Scope of our work
The Cochrane Dementia and Cognitive Improvement Group produces systematic reviews within the following scope:
- Prevention, treatment, and management of acute or chronic acquired cognitive impairments, their manifestations and complications, and the care of people affected
- Enhancement of cognitive function in healthy adults
- Diagnosis of dementia
Our remit includes both global cognitive impairment and focal cognitive impairments occurring in the context of brain disease. Many of our reviews are concerned with dementia. However, our remit also extends to mild cognitive impairment; non-specific, age-associated cognitive impairment; delirium (primarily in elderly people; delirium in critically ill patients in intensive care units is covered by the Anaesthesia, Critical and Emergency Care Group); and the chronic effects of brain injury (acute effects are covered by the Injuries Group). We are also concerned, sometimes in collaboration with other relevant Cochrane Groups, with cognitive impairment occurring as a complication of diseases such as diabetes, stroke, Parkinson's disease and HIV infection. We will also publish intervention reviews in which the target population is carers of people with dementia.
We are increasingly concentrating our resources on high priority reviews and will only rarely accept review proposals for unlicensed pharmacological interventions.

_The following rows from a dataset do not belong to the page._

// Products of vectors.
ghost use Rattle.grid.specs.Limits.{largest_side};
ghost use Rattle.grid.specs.Vectors;
ghost use Rattle.int_algebra.specs.Within.{IsWithin};
ghost use Rattle.std.specs.Prelude.{ℕ, ◌*◌, ◌+◌, ◌^◌, ◌≡◌, ◌≤◌};
ghost use Rattle.vectors.specs.Bounded.{IsVectorWithin, vector_of};

use crate::vector::Vector;

/// The vector product of vectors whose components are at most 2^24: within 2^49, and within 2^37 where
/// those are differences of points.
#[tactic(auto, using(crate::proofs::Fitting::minors))]
pub fn cross(m: Vector, n: Vector) -> Vector
    requires m_in { IsVectorWithin (2 ^ 24) (vector_of m) }
    requires n_in { IsVectorWithin (2 ^ 24) (vector_of n) }
    ensures value { vector_of result ≡ Vectors.cross (vector_of m) (vector_of n) }
    ensures within { IsVectorWithin (2 ^ 49) (vector_of result) }
    ensures short { IsVectorWithin largest_side (vector_of m) → IsVectorWithin largest_side (vector_of n)
        → IsVectorWithin (2 ^ 37) (vector_of result) }
{
    Vector {
        x: m.y * n.z - m.z * n.y,
        y: m.z * n.x - m.x * n.z,
        z: m.x * n.y - m.y * n.x,
    }
}

/// The scalar product of any two vectors with components up to 2^49, as vector products have them.
#[tactic(auto, using(crate::proofs::Fitting::long_terms))]
pub fn dot(m: Vector, n: Vector) -> i128
    requires m_in { IsVectorWithin (2 ^ 49) (vector_of m) }
    requires n_in { IsVectorWithin (2 ^ 49) (vector_of n) }
    ensures value { result ≡ Vectors.dot (vector_of m) (vector_of n) }
    ensures within { (j k l : ℕ) → IsVectorWithin j (vector_of m) → IsVectorWithin k (vector_of n)
        → j * k + j * k + j * k ≤ l → IsWithin l result }
{
    m.x as i128 * n.x as i128 + m.y as i128 * n.y as i128 + m.z as i128 * n.z as i128
}

/// The scalar product in 64 bits, of a vector within 2^37 and a vector within 2^24.
#[tactic(auto, using(crate::proofs::Fitting::terms))]
pub fn short_dot(m: Vector, n: Vector) -> i64
    requires m_in { IsVectorWithin (2 ^ 37) (vector_of m) }
    requires n_in { IsVectorWithin (2 ^ 24) (vector_of n) }
    ensures value { result ≡ Vectors.dot (vector_of m) (vector_of n) }
    ensures within { (j k l : ℕ) → IsVectorWithin j (vector_of m) → IsVectorWithin k (vector_of n)
        → j * k + j * k + j * k ≤ l → IsWithin l result }
{
    m.x * n.x + m.y * n.y + m.z * n.z
}

/// The square of the length of a vector with components up to 2^49.
pub fn squared_length(m: Vector) -> i128
    requires { IsVectorWithin (2 ^ 49) (vector_of m) }
    ensures value { result ≡ Vectors.dot (vector_of m) (vector_of m) }
    ensures within { (j l : ℕ) → IsVectorWithin j (vector_of m) → j * j + j * j + j * j ≤ l
        → IsWithin l result }
{
    dot(m, m)
}
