//! Vectors of whole numbers between points of the grid: sums and products, with bounds from which
//! each number that is computed is seen to fit.
#![tactic(auto)]

mod products;
mod vector;

pub use products::{cross, dot, short_dot, squared_length};
pub use vector::{Vector, difference, minus, opposite, scaled_difference};
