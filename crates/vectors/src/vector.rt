// Vectors, and differences of points.
ghost use Rattle.grid.specs.Boxes.{IsInBox, IsUpTo};
ghost use Rattle.grid.specs.Limits.{largest_side};
ghost use Rattle.grid.specs.Vectors;
ghost use Rattle.std.specs.Prelude.{◌^◌, ◌≡◌};
ghost use Rattle.vectors.specs.Bounded.{IsVectorWithin, gap_of, vector_of};

use grid::Point;

/// A vector in grid steps, or in products of them. What the functions of this crate make has components
/// of at most 2^49 in absolute value.
#[derive(Clone, Copy, Debug)]
pub struct Vector {
    pub x: i64,
    pub y: i64,
    pub z: i64,
}

/// The vector a - b, from b to a, in grid steps.
pub fn difference(a: Point, b: Point) -> Vector
    requires a_in { IsInBox largest_side a }
    requires b_in { IsInBox largest_side b }
    ensures value { vector_of result ≡ Vectors.difference a b }
    ensures within { IsVectorWithin largest_side (vector_of result) }
{
    Vector {
        x: a.x as i64 - b.x as i64,
        y: a.y as i64 - b.y as i64,
        z: a.z as i64 - b.z as i64,
    }
}

/// The vector p - t a from the scaled point t a to p, where t is from 0 to 2^6, in the steps of p.
pub fn scaled_difference(p: Point, t: i64, a: Point) -> Vector
    requires p_in { IsInBox (2 ^ 24) p }
    requires t_in { IsUpTo (2 ^ 6) t }
    requires a_in { IsInBox largest_side a }
    ensures value { vector_of result ≡ gap_of p t a }
    ensures within { IsVectorWithin (2 ^ 24) (vector_of result) }
{
    Vector {
        x: p.x as i64 - t * a.x as i64,
        y: p.y as i64 - t * a.y as i64,
        z: p.z as i64 - t * a.z as i64,
    }
}

/// The vector m - n, for components up to 2^24.
pub fn minus(m: Vector, n: Vector) -> Vector
    requires m_in { IsVectorWithin (2 ^ 24) (vector_of m) }
    requires n_in { IsVectorWithin (2 ^ 24) (vector_of n) }
    ensures value { vector_of result ≡ Vectors.minus (vector_of m) (vector_of n) }
    ensures within { IsVectorWithin (2 ^ 25) (vector_of result) }
{
    Vector {
        x: m.x - n.x,
        y: m.y - n.y,
        z: m.z - n.z,
    }
}

/// The vector with all signs changed, for components up to 2^49.
pub fn opposite(m: Vector) -> Vector
    requires { IsVectorWithin (2 ^ 49) (vector_of m) }
    ensures value { vector_of result ≡ Vectors.opposite (vector_of m) }
    ensures within { IsVectorWithin (2 ^ 49) (vector_of result) }
    ensures short { IsVectorWithin (2 ^ 37) (vector_of m) → IsVectorWithin (2 ^ 37) (vector_of result) }
{
    Vector {
        x: -m.x,
        y: -m.y,
        z: -m.z,
    }
}
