// The quotient, a single call of four models.
ghost use Rattle.std.specs.Prelude.{◌≡◌, length};
ghost use Rattle.model_slices.specs.HandedModels.{model_room};
ghost use Rattle.c_books.specs.HandedBooks.{model_places};
ghost use Rattle.c_calls.specs.CallCodes.{called_state, called};
ghost use Rattle.c_quotients.specs.HandedQuotients.{quotient_fits, handed_quotient};

use model_types::Key;

// f / g, checked from a proposal h, w: the refusal's number, 0 without one, or MISUSED. The four models are handed over
// one after the other as a book's are; the answer's 64 keys and coefficients go into two slices, the refusal's place,
// n, the count and the radius into the third.
#[unsafe(no_mangle)]
pub extern "C" fn hechroung_raw_divide(
    d: u8,
    ns: &[u8],
    counts: &[usize],
    radii: &[u64],
    keys: &[Key],
    coefficients: &[i64],
    outkeys: &mut [Key],
    outcoefficients: &mut [i64],
    outnumbers: &mut [u64],
) -> u8
    ensures { called_state result outkeys.new outcoefficients.new outnumbers.new
        ≡ called
        (quotient_fits (model_places (length ns.now) (length counts.now)
        (length radii.now) (length keys.now) (length coefficients.now))
        (model_room (length outkeys.old) (length outcoefficients.old)
        (length outnumbers.old)))
        (handed_quotient d ns.now counts.now radii.now keys.now
        coefficients.now)
        outkeys.old outcoefficients.old outnumbers.old }
{
    c_quotients::divide(
        d,
        ns,
        counts,
        radii,
        keys,
        coefficients,
        outkeys,
        outcoefficients,
        outnumbers,
    )
}
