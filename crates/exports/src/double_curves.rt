// Curves that are delivered in doubles.
ghost use Rattle.std.specs.Prelude.{◌≡◌, length};
ghost use Rattle.model_slices.specs.HandedModels.{model_room};
ghost use Rattle.c_calls.specs.CallCodes.{called_state, called};
ghost use Rattle.c_doubles.specs.HandedDoubles.{handed_doubles};

use model_types::Key;

// The model of c0 + c1 x + c2 x² with its radius: the refusal's number, 0 without one, or MISUSED. The answer's 64 keys
// and coefficients go into two slices, the refusal's place, n, the count and the radius into the third.
#[unsafe(no_mangle)]
pub extern "C" fn hechroung_raw_from_doubles(
    c0: f64,
    c1: f64,
    c2: f64,
    radius: f64,
    keys: &mut [Key],
    coefficients: &mut [i64],
    numbers: &mut [u64],
) -> u8
    ensures { called_state result keys.new coefficients.new numbers.new
        ≡ called
        (model_room (length keys.old) (length coefficients.old) (length numbers.old))
        (handed_doubles c0 c1 c2 radius)
        keys.old coefficients.old numbers.old }
{
    c_doubles::from_doubles(c0, c1, c2, radius, keys, coefficients, numbers)
}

Our intervention reviews may cover single or more complex interventions of all kinds, including pharmacological, psychological or behavioural, environmental, organisational, and alternative or complementary therapies. All relevant outcomes are considered including changes in cognitive function, behaviour, neuropsychiatric symptoms, activities of daily living, global clinical impression, dependency, quality of life, use of resources, survival, institutionalisation and effects on care givers. Where suitable data are available, cost-effectiveness comparisons are included in reviews.
Our diagnostic test accuracy reviews cover both neuropsychological tests and biomarkers. In those diagnostic test accuracy reviews which are concerned with the early diagnosis of brain diseases associated with dementia (such as Alzheimer's disease), then conversion to dementia is used as the reference standard.

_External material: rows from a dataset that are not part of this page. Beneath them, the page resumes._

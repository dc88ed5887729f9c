// Calls on curves in Chebyshev polynomials, whose code is a number, as C hands it over, and their conversion to and
// from powers.
ghost use Rattle.std.specs.Prelude.{◌≡◌, length};
ghost use Rattle.chebyshev.specs.CurveCalls.{call_range, call_to_powers, call_from_powers};
ghost use Rattle.model_types.specs.ModelStruct.{view};
ghost use Rattle.model_slices.specs.HandedModels.{handed, model_room};
ghost use Rattle.c_calls.specs.CallCodes.{called_state, called};
ghost use Rattle.c_curves.specs.HandedCurves.{handed_curve, curve_call, curve_room, curve_fits};
ghost use Rattle.c_curves.specs.HandedCurves.{curve_state, called_curve};
ghost use Rattle.c_curves.specs.HandedCurves.{range_fits, range_state, called_range};
ghost use Rattle.c_curves.specs.HandedCurves.{to_powers_fits, from_powers_fits};

use model_types::Key;

// A call that answers with a curve: the refusal's number, 0 without one, or MISUSED. Sixteen coefficients go into a
// slice, the refusal's place and the radius into another one.
#[unsafe(no_mangle)]
pub extern "C" fn hechroung_raw_curve(
    code: u8,
    coefficients1: &[i64],
    radius1: u64,
    coefficients2: &[i64],
    radius2: u64,
    coefficients: &mut [i64],
    numbers: &mut [u64],
) -> u8
    ensures { curve_state result coefficients.new numbers.new
        ≡ called_curve
        (curve_fits code (length coefficients1.now) (length coefficients2.now)
        (curve_room (length coefficients.old) (length numbers.old)))
        (curve_call code (handed_curve coefficients1.now radius1)
        (handed_curve coefficients2.now radius2))
        coefficients.old numbers.old }
{
    c_curve_calls::curve(
        code,
        coefficients1,
        radius1,
        coefficients2,
        radius2,
        coefficients,
        numbers,
    )
}

// The range of a curve: the refusal's number, 0 without one, or MISUSED. Both ends go into the slice. The place of
// every refusal is 0.
#[unsafe(no_mangle)]
pub extern "C" fn hechroung_raw_range_of_curve(
    coefficients: &[i64],
    radius: u64,
    ends: &mut [i64],
) -> u8
    ensures { range_state result ends.new
        ≡ called_range (range_fits (length coefficients.now) (length ends.old))
        (call_range (handed_curve coefficients.now radius)) ends.old }
{
    c_curve_calls::range_of_curve(coefficients, radius, ends)
}

// A curve in powers: the refusal's number, 0 without one, or MISUSED. The model goes into three slices as the answer of
// a single call does.
#[unsafe(no_mangle)]
pub extern "C" fn hechroung_raw_curve_to_powers(
    coefficients: &[i64],
    radius: u64,
    keys: &mut [Key],
    outcoefficients: &mut [i64],
    numbers: &mut [u64],
) -> u8
    ensures { called_state result keys.new outcoefficients.new numbers.new
        ≡ called
        (to_powers_fits (length coefficients.now)
        (model_room (length keys.old) (length outcoefficients.old)
        (length numbers.old)))
        (call_to_powers (handed_curve coefficients.now radius))
        keys.old outcoefficients.old numbers.old }
{
    c_curve_calls::to_powers(coefficients, radius, keys, outcoefficients, numbers)
}

// A model in powers of one variable as a curve: the refusal's number, 0 without one, or MISUSED. The curve goes into
// two slices as the answer of a call on curves does.
#[unsafe(no_mangle)]
pub extern "C" fn hechroung_raw_curve_from_powers(
    n: u8,
    count: usize,
    radius: u64,
    keys: &[Key],
    coefficients: &[i64],
    outcoefficients: &mut [i64],
    outnumbers: &mut [u64],
) -> u8
    ensures { curve_state result outcoefficients.new outnumbers.new
        ≡ called_curve
        (from_powers_fits count (length keys.now) (length coefficients.now)
        (curve_room (length outcoefficients.old) (length outnumbers.old)))
        (call_from_powers (view (handed n count radius keys.now coefficients.now)))
        outcoefficients.old outnumbers.old }
{
    c_curve_calls::from_powers(
        n,
        count,
        radius,
        keys,
        coefficients,
        outcoefficients,
        outnumbers,
    )
}
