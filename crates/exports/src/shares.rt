// Sheets and books in memory, run as in runs.rt, with where the radius of each step came from.
ghost use Rattle.std.specs.Prelude.{◌≡◌, ◌&&◌, length};
ghost use Rattle.format.specs.Format.{run_sheet, sheet_rows};
ghost use Rattle.sheet_book.specs.BookStruct.{held_book};
ghost use Rattle.sheet_book.specs.SummaryStruct.{run_answer};
ghost use Rattle.sheet_book.specs.ReportStruct.{report};
ghost use Rattle.c_book_runs.specs.sheet.Sheet.{run_held, rows_held};
ghost use Rattle.c_books.specs.HandedBooks.{step_places, handed_steps, model_places, handed_models};
ghost use Rattle.c_books.specs.HandedBooks.{handed_book};
ghost use Rattle.c_shares.specs.HandedShares.{report_room};
ghost use Rattle.c_book_runs.specs.c_writes.WriteCalls.{book_fits};
ghost use Rattle.c_book_runs.specs.c_runs.SheetCalls.{run_state};
ghost use Rattle.c_book_runs.specs.ShareCalls.{report_state, called_report};

use model_types::Key;

// A sheet is run as by hechroung_raw_run_sheet, and besides where the radius of each of 64 steps came from goes into
// the fifth slice: row i from place 4 × i on as carried, rounding, swept and slack.
#[unsafe(no_mangle)]
pub extern "C" fn hechroung_raw_shares_sheet(
    sheet: &[u8],
    keys: &mut [Key],
    coefficients: &mut [i64],
    numbers: &mut [u64],
    ends: &mut [i64],
    shares: &mut [u64],
) -> u8
    ensures { report_state (run_state result keys.new coefficients.new numbers.new
        ends.new) shares.new
        ≡ called_report
        (report_room (length keys.old) (length coefficients.old) (length numbers.old)
        (length ends.old) (length shares.old))
        (report (run_answer (run_sheet sheet.now)) (sheet_rows sheet.now))
        keys.old coefficients.old numbers.old ends.old
        shares.old }
{
    c_book_runs::shares_sheet(sheet, keys, coefficients, numbers, ends, shares)
}

// A book in memory is run as by hechroung_raw_run_models, and the rows go into the last slice as a sheet's do.
#[unsafe(no_mangle)]
pub extern "C" fn hechroung_raw_shares_models(
    n: u8,
    d: u8,
    modelcount: usize,
    stepcount: usize,
    ns: &[u8],
    counts: &[usize],
    radii: &[u64],
    bookkeys: &[Key],
    bookcoefficients: &[i64],
    fields: &[u8],
    values: &[i64],
    keys: &mut [Key],
    coefficients: &mut [i64],
    numbers: &mut [u64],
    ends: &mut [i64],
    shares: &mut [u64],
) -> u8
    ensures { report_state (run_state result keys.new coefficients.new numbers.new
        ends.new) shares.new
        ≡ called_report
        (book_fits modelcount (model_places (length ns.now) (length counts.now)
        (length radii.now) (length bookkeys.now) (length bookcoefficients.now))
        stepcount (step_places (length fields.now) (length values.now))
        (length numbers.old)
        && report_room (length keys.old) (length coefficients.old)
        (length numbers.old) (length ends.old) (length shares.old))
        (report (run_answer (run_held (held_book (handed_book n d modelcount stepcount
        (handed_models ns.now counts.now radii.now bookkeys.now
        bookcoefficients.now)
        (handed_steps fields.now values.now)))))
        (rows_held (held_book (handed_book n d modelcount stepcount
        (handed_models ns.now counts.now radii.now bookkeys.now
        bookcoefficients.now)
        (handed_steps fields.now values.now)))))
        keys.old coefficients.old numbers.old ends.old
        shares.old }
{
    c_book_runs::shares_models(
        n,
        d,
        modelcount,
        stepcount,
        ns,
        counts,
        radii,
        bookkeys,
        bookcoefficients,
        fields,
        values,
        keys,
        coefficients,
        numbers,
        ends,
        shares,
    )
}
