// Sheets and books in memory, run to a model with its range and its integral.
ghost use Rattle.std.specs.Prelude.{◌≡◌, ◌&&◌, leb, length};
ghost use Rattle.format.specs.Format.{run_sheet};
ghost use Rattle.sheet_book.specs.BookStruct.{held_book};
ghost use Rattle.sheet_book.specs.SummaryStruct.{run_answer};
ghost use Rattle.c_book_runs.specs.sheet.Sheet.{run_held};
ghost use Rattle.model_slices.specs.HandedModels.{model_room, run_ends};
ghost use Rattle.c_books.specs.HandedBooks.{step_places, handed_steps, model_places, handed_models};
ghost use Rattle.c_books.specs.HandedBooks.{handed_book};
ghost use Rattle.c_book_runs.specs.c_writes.WriteCalls.{book_fits};
ghost use Rattle.c_book_runs.specs.c_runs.SheetCalls.{run_state, called_run};

use c_book_runs::c_runs;
use model_types::Key;

// A sheet is run: the refusal's number, 0 without one, or MISUSED. The result's 64 keys and coefficients go into two
// slices, the refusal's place, n, the count and the radius into the third, the ends of the range and of the integral,
// the quotient and the remainder into the fourth.
#[unsafe(no_mangle)]
pub extern "C" fn hechroung_raw_run_sheet(
    sheet: &[u8],
    keys: &mut [Key],
    coefficients: &mut [i64],
    numbers: &mut [u64],
    ends: &mut [i64],
) -> u8
    ensures { run_state result keys.new coefficients.new numbers.new ends.new
        ≡ called_run (model_room (length keys.old) (length coefficients.old)
        (length numbers.old)) (leb run_ends (length ends.old))
        (run_answer (run_sheet sheet.now))
        keys.old coefficients.old numbers.old ends.old }
{
    c_runs::run_sheet(sheet, keys, coefficients, numbers, ends)
}

// A book in memory is run: the refusal's number, 0 without one, or MISUSED. The result goes into the slices as a
// sheet's does.
#[unsafe(no_mangle)]
pub extern "C" fn hechroung_raw_run_models(
    n: u8,
    d: u8,
    modelcount: usize,
    stepcount: usize,
    ns: &[u8],
    counts: &[usize],
    radii: &[u64],
    bookkeys: &[Key],
    bookcoefficients: &[i64],
    fields: &[u8],
    values: &[i64],
    keys: &mut [Key],
    coefficients: &mut [i64],
    numbers: &mut [u64],
    ends: &mut [i64],
) -> u8
    ensures { run_state result keys.new coefficients.new numbers.new ends.new
        ≡ called_run
        (book_fits modelcount (model_places (length ns.now) (length counts.now)
        (length radii.now) (length bookkeys.now) (length bookcoefficients.now))
        stepcount (step_places (length fields.now) (length values.now))
        (length numbers.old)
        && model_room (length keys.old) (length coefficients.old)
        (length numbers.old))
        (leb run_ends (length ends.old))
        (run_answer (run_held (held_book (handed_book n d modelcount stepcount
        (handed_models ns.now counts.now radii.now bookkeys.now
        bookcoefficients.now)
        (handed_steps fields.now values.now)))))
        keys.old coefficients.old numbers.old ends.old }
{
    c_book_runs::run_models(
        n,
        d,
        modelcount,
        stepcount,
        ns,
        counts,
        radii,
        bookkeys,
        bookcoefficients,
        fields,
        values,
        keys,
        coefficients,
        numbers,
        ends,
    )
}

Our four most highly cited publications in 2019 were
- Donepezil for dementia due to Alzheimer's disease
- CSF tau and the CSF tau/ABeta ratio for the diagnosis of Alzheimer's disease dementia and other dementias in people with mild cognitive impairment (MCI)
- Music-based therapeutic interventions for people with dementia
- Withdrawal versus continuation of long-term antipsychotic drug use for behavioural and psychological symptoms in older people with dementia
Our four reviews most frequently used reviews in guidelinesĀ are:
- Withdrawal versus continuation of long-term antipsychotic drug use for behavioural and psychological symptoms in older people with dementia (2018)
- Interventions for preventing delirium in hospitalised non-ICU patients (2016)
- Statins for the prevention of dementia (2015)
- Light therapy for improving cognition, activities of daily living, sleep, challenging behaviour, and psychiatric disturbances in dementia (2014)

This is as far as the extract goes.